= Seton Identification Products =

Product supplier

Seton Identification Products is a supplier of safety, labeling and signage products based in Buffalo, NY. Seton manufactures and distributes workplace safety equipment, facility marking applications, and traffic & parking signage, as well as warehouse and facility security products. It sells 57,000 products and has subsidiaries in 14 countries. It is a subsidiary of Brady Corporation of Milwaukee, Wisconsin.

==History==
Seton was founded in 1956 as the Seton Name Plate Corporation in New Haven by Fenmore R. Seton. While still in the Air Force, in free time, Seton and his wife Phyllis started a part-time mail order business from their home, specializing in personalized Christmas cards for individuals with the surname 'Smith'. To meet the demand for their product, the Setons purchased a small table-top hot-stamping machine. In 1952, they purchased an attachment for their stamping machine to make doorbell nameplates. They went on to produce display boards for local hardware stores. In 1954, the service manager of a large Carrier Air Conditioning contractor in New Haven noticed one of the Setons' display boards and requested that they produce some specialized nameplates for his company.
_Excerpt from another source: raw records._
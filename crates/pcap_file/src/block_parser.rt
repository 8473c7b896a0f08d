//! A record or a block of a capture, as it was read.
ghost use Rattle.std.specs.Prelude.{
  ◌≡◌,
  ◌⊎◌,
  ◌+◌,
  ◌<◌,
  ◌≤◌,
  ◌^◌,
  ◌++◌,
  ◌∷◌,
  ℕ,
  List,
  [],
  false,
  drop,
  take,
  length,
  option_map,
  IfOk,
  IfErr,
  OnErr,
  Err,
};
ghost use Rattle.pcap_file.specs.Capture.{HasRead, packets_of, with_packet};
ghost use Rattle.pcap_file.specs.Packet.{packet_view};
ghost use Rattle.pcap_file.specs.InterfaceTexts.{texts_as, texts_view};
ghost use Rattle.pcap_file.specs.Entries.{entries_at, entries_in, entries_of};
ghost use Rattle.pcap_file.specs.Described.{interfaces_of, texts_at, texts_with};
ghost use Rattle.pcap_file.specs.BlockParser.{IsEnough, is_cut_in, items_at, state_at};

use crate::capture::is_pcapng;
use crate::cursor::Format;
use crate::decode::Packet;
use crate::decode::interface_texts::{InterfaceTexts, read_texts};
use crate::decode::pcap::{FILE_HEADER, is_record_cut, read_header, read_record};
use crate::decode::pcapng::{Section, is_block_cut};
use crate::decode::record_mark::RecordMark;
use crate::fault::{CaptureFault, CaptureFaultKind};

/// A pcap record or a pcapng block: its length, and what it holds of interest.
#[derive(Clone, Copy, PartialEq, Eq)]
pub struct CaptureBlock<'a> {
    /// The length of the record or block in octets, with its header and padding.
    pub len: usize,
    /// The UDP packet in it, if it has one.
    pub packet: Option<Packet<'a>>,
    /// The mark of a live run's record, if it is one.
    pub mark: Option<RecordMark>,
}

/// A parser at a place in a capture. The caller holds the octets from there on, and passes those that were read so far.
#[derive(Drop)]
pub struct BlockParser {
    pub(crate) format: Format,
    pub(crate) section: Section,
    /// The number of octets before the place.
    pub(crate) place: usize,
}

impl BlockParser {
    /// Returns a parser at the first record or block of a capture that begins with these octets: at least 24, or the
    /// whole file. Returns the fault of the file's header if it has one.
    pub fn open(front: &[u8]) -> Result<BlockParser, CaptureFault>
        ensures parts { IfOk result (λ parts. (rest : List ℕ) → IsEnough front.now rest
            → packets_of (front.now ++ rest) ≡ items_at parts (drop parts.place (front.now ++ rest))) }
        ensures entries { IfOk result (λ parts. (rest : List ℕ) → IsEnough front.now rest
            → entries_of (front.now ++ rest) ≡ entries_at parts (drop parts.place (front.now ++ rest))) }
        ensures texts { IfOk result (λ parts. (rest : List ℕ) → IsEnough front.now rest
            → interfaces_of (front.now ++ rest) ≡ texts_at parts (drop parts.place (front.now ++ rest))) }
        ensures place { IfOk result (λ parts. parts.place ≤ length front.now) }
        ensures fault { IfErr result (λ fault. (rest : List ℕ) → IsEnough front.now rest
            → packets_of (front.now ++ rest) ≡ Err fault ∷ []) }
    {
        if is_pcapng(front) {
            return Ok(BlockParser {
                format: Format::Pcapng,
                section: Section::new(),
                place: 0,
            });
        }
        match read_header(front) {
            Ok(pcap) => Ok(BlockParser {
                format: Format::Pcap(pcap),
                section: Section::new(),
                place: FILE_HEADER,
            }),
            Err(kind) => Err(CaptureFault { place: 0, kind }),
        }
    }

    /// Returns the number of octets before the place.
    pub fn place(&self) -> usize
        ensures { result ≡ self.now.place }
    {
        self.place
    }

    /// Returns true if the record or the block that these octets begin with isn't whole, so that more are to be read.
    pub fn is_cut(&self, front: &[u8]) -> bool
        ensures { result ≡ is_cut_in self.now front.now }
    {
        match self.format {
            Format::Pcap(pcap) => is_record_cut(&pcap, front),
            Format::Pcapng => is_block_cut(self.section.order, front),
        }
    }

    /// Returns the name and the description of an interface, if the whole block with these octets describes one.
    pub fn interface_texts<'a>(&self, block: &'a [u8]) -> Option<InterfaceTexts<'a>>
        ensures { option_map texts_view result ≡ texts_as self.now.format self.now.section.order block.now }
    {
        match self.format {
            Format::Pcap(_) => None,
            Format::Pcapng => read_texts(self.section.order, block),
        }
    }

    /// Reads the record or the block that these octets begin with.
    #[tactic(auto, unfolding(crate::specs::Capture::part_as))]
    fn read<'a>(&mut self, front: &'a [u8]) -> Result<CaptureBlock<'a>, CaptureFaultKind>
        ensures part { HasRead (state_at self.old) (state_at self.new) front.now result }
        ensures bounds { IfOk result (λ part. (1 ≤ part.len) × (part.len ≤ length front.now)) }
        ensures place { self.new.place ≡ self.old.place }
    {
        match self.format {
            Format::Pcap(pcap) => read_record(&pcap, front),
            Format::Pcapng => self.section.read_block(front),
        }
    }

    /// Passes over the record or the block that these octets begin with, and returns it. If `is_cut` returns true, the
    /// octets have to be all that are left. Returns a fault if the record or the block isn't whole or is wrong.
    pub fn next<'a>(&mut self, front: &'a [u8]) -> Result<CaptureBlock<'a>, CaptureFault>
        requires some { 1 ≤ length front.now }
        requires place { self.old.place + length front.now < 2 ^ 64 }
        ensures part { IfOk result (λ part. (rest : List ℕ) → (is_cut_in self.old front.now ≡ false) ⊎ (rest ≡ [])
            → items_at self.old (front.now ++ rest)
            ≡ with_packet (option_map packet_view part.packet) (items_at self.new (drop part.len front.now ++ rest))) }
        ensures entries { IfOk result (λ part. (rest : List ℕ) → (is_cut_in self.old front.now ≡ false) ⊎ (rest ≡ [])
            → entries_at self.old (front.now ++ rest)
            ≡ entries_in (option_map packet_view part.packet) part.mark
            ++ entries_at self.new (drop part.len front.now ++ rest)) }
        ensures texts { IfOk result (λ part. (rest : List ℕ) → (is_cut_in self.old front.now ≡ false) ⊎ (rest ≡ [])
            → texts_at self.old (front.now ++ rest)
            ≡ texts_with (option_map packet_view part.packet)
            (texts_as self.new.format self.new.section.order (take part.len front.now))
            (texts_at self.new (drop part.len front.now ++ rest))) }
        ensures len { IfOk result (λ part. (1 ≤ part.len) × (part.len ≤ length front.now)
            × (self.new.place ≡ self.old.place + part.len)) }
        ensures fault { IfErr result (λ fault. (rest : List ℕ) → (is_cut_in self.old front.now ≡ false) ⊎ (rest ≡ [])
            → items_at self.old (front.now ++ rest) ≡ Err fault ∷ []) }
        ensures no_entry { OnErr result ((rest : List ℕ) → (is_cut_in self.old front.now ≡ false) ⊎ (rest ≡ [])
            → entries_at self.old (front.now ++ rest) ≡ []) }
        ensures no_text { OnErr result ((rest : List ℕ) → (is_cut_in self.old front.now ≡ false) ⊎ (rest ≡ [])
            → texts_at self.old (front.now ++ rest) ≡ []) }
    {
        match self.read(front) {
            Ok(part) => {
                self.place += part.len;
                Ok(part)
            }
            Err(kind) => Err(CaptureFault {
                place: self.place,
                kind,
            }),
        }
    }
}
By 1962, the company was handling a six-figure government order. The nameplate business grew rapidly, and Seton added another line, mail-order sales of industrial products. These products included pipe markers, safety signs, property identification tags, emblems, and truck signs. Seton became a specialist in a field known today as "business-to-business direct marketing".

In 1967, after years of reliance on flyers as their main source of marketing and advertising, the company published its first catalog, mailed to over 110,000 prospects. By the 1970s, annual sales were around $5 million, with 20–25% margins. By 1974, the company's mailing list had grown to over one million, and the catalog boasted that Seton offered "America's most complete line of signs, decals, plaques, trophies, tags and labels."

W.H. Brady bought Seton in 1981 when Fenmore Seton retired, and in 1983 the company moved to a new 85000 sqft plant in Branford. By 1988, Seton's catalog mailings rose to 8 million, and sales in 2002 were $160 million. Fenmore Seton died in 2003, aged 85. Phyllis Seton died on August 8, 2019, at the age of 98.

In 2013, Brady announced the closure of the Branford plant.